2 cal 3 problems?

Question

1) Find the point on the curve of intersection of the paraboloid x^2+y^2+2z = 4 and the plane x-y+2z = 0 that is closest to the origin.

2) Find the point on the curve of intersection of the paraboloid x^2+y^2+2z = 4 and the plane x-y+2z = 0 that is farthest from the origin.


I dont necessarily need the answers , i can solve them myself if someone can tell me how in the world am I supposed to solve them. I just need an explanation cause i don't know where to start.

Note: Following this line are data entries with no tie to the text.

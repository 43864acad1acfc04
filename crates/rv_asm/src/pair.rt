//! A distance as the immediates of two instructions.

ghost use Rattle.std.specs.Prelude.{ℕ, ◌≡◌, ◌≤◌, ◌+◌, ◌*◌, ◌%◌, ◌^◌};
ghost use Rattle.rv_isa.specs.Word.{IsWithin, unsigned};
ghost use Rattle.rv_asm.specs.Item.{IsNear};
ghost use Rattle.rv_asm.specs.Pair.{upper, lower, arrives};

/// The immediate of an AUIPC, and that of the ADDI or JALR behind it.
#[derive(Clone, Copy, Debug, PartialEq, Eq)]
pub struct Pair {
    pub upper: i32,
    pub lower: i32,
}

impl Pair {
    /// The bytes from one place to another, which are counted in instructions: the nearest multiple
    /// of 4,096, and what is left.
    pub fn between(here: u64, there: u64) -> Pair
        requires here { IsNear here }
        requires there { IsNear there }
        ensures upper { result.upper ≡ upper here there }
        ensures lower { result.lower ≡ lower here there }
        ensures upper_fits { IsWithin 2147483648 result.upper × (unsigned 2147483648 result.upper % 4096 ≡ 0) }
        ensures lower_fits { IsWithin 2048 result.lower }
        ensures arrives { (base : ℕ) → base ≤ 2 ^ 63 → arrives (base + 4 * here) result.upper result.lower ≡ base + 4 * there }
    {
        // 2^31 and half of 4,096 more than the distance: never below 0, and divided to the nearest.
        let raised = 4 * there + 0x8000_0800 - 4 * here;
        Pair {
            upper: ((raised / 4096 * 4096) as i64 - 0x8000_0000) as i32,
            lower: ((raised % 4096) as i64 - 2048) as i32,
        }
    }
}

in my book its chapter 13. right before ch.14 which is multiple integration. my book name is CALCULUS : EIGHT EDITION by Larson, Hostetler, and Edwards

Answer 1

The intersection point is the common point, satisfies the given equations. Find z in terms of x and y
1) find distance and its min value use derivative

2) find distance and its max value use derivative

Example:Given the intersection of the parboloid surface z=x^2+y^2 and the plane z+y+x=1 is an ellipse, find the maximum and minimum distance from origin (0,0) to the points of this ellipse.

Solution: This problem can be formulated as:
d(x,y,z) = x^2+y^2+z2,
subject to g(x,y,z ) = x^2+y^2 -z
and h(x, y, z)=z+y+x=1.

Method I: We can eliminate the variable z in this problem by replacing z =1-x-y.
Then it reduces to
d(x,y) = x^2+y^2+(1-x-y)^2
subject to 1-x-y=x^2+y^2.

Method II:
We use the modified Lagrange method as follows:
grad d = a grad g + b grad h,
for some unknown constants a and b.
(2x, 2y, 2z) =a(2x, 2y -1) +b( 1, 1, 1). ie.
x=b/(1-2a),
y =b/(1-2a),
z=(b-a)/2.
Set x=y=t=b/(1-2a), z=s=(b-a)/2.
Then we have 2t2=s, and s+2t=1. Eliminating s, we got 2t2=1-2t.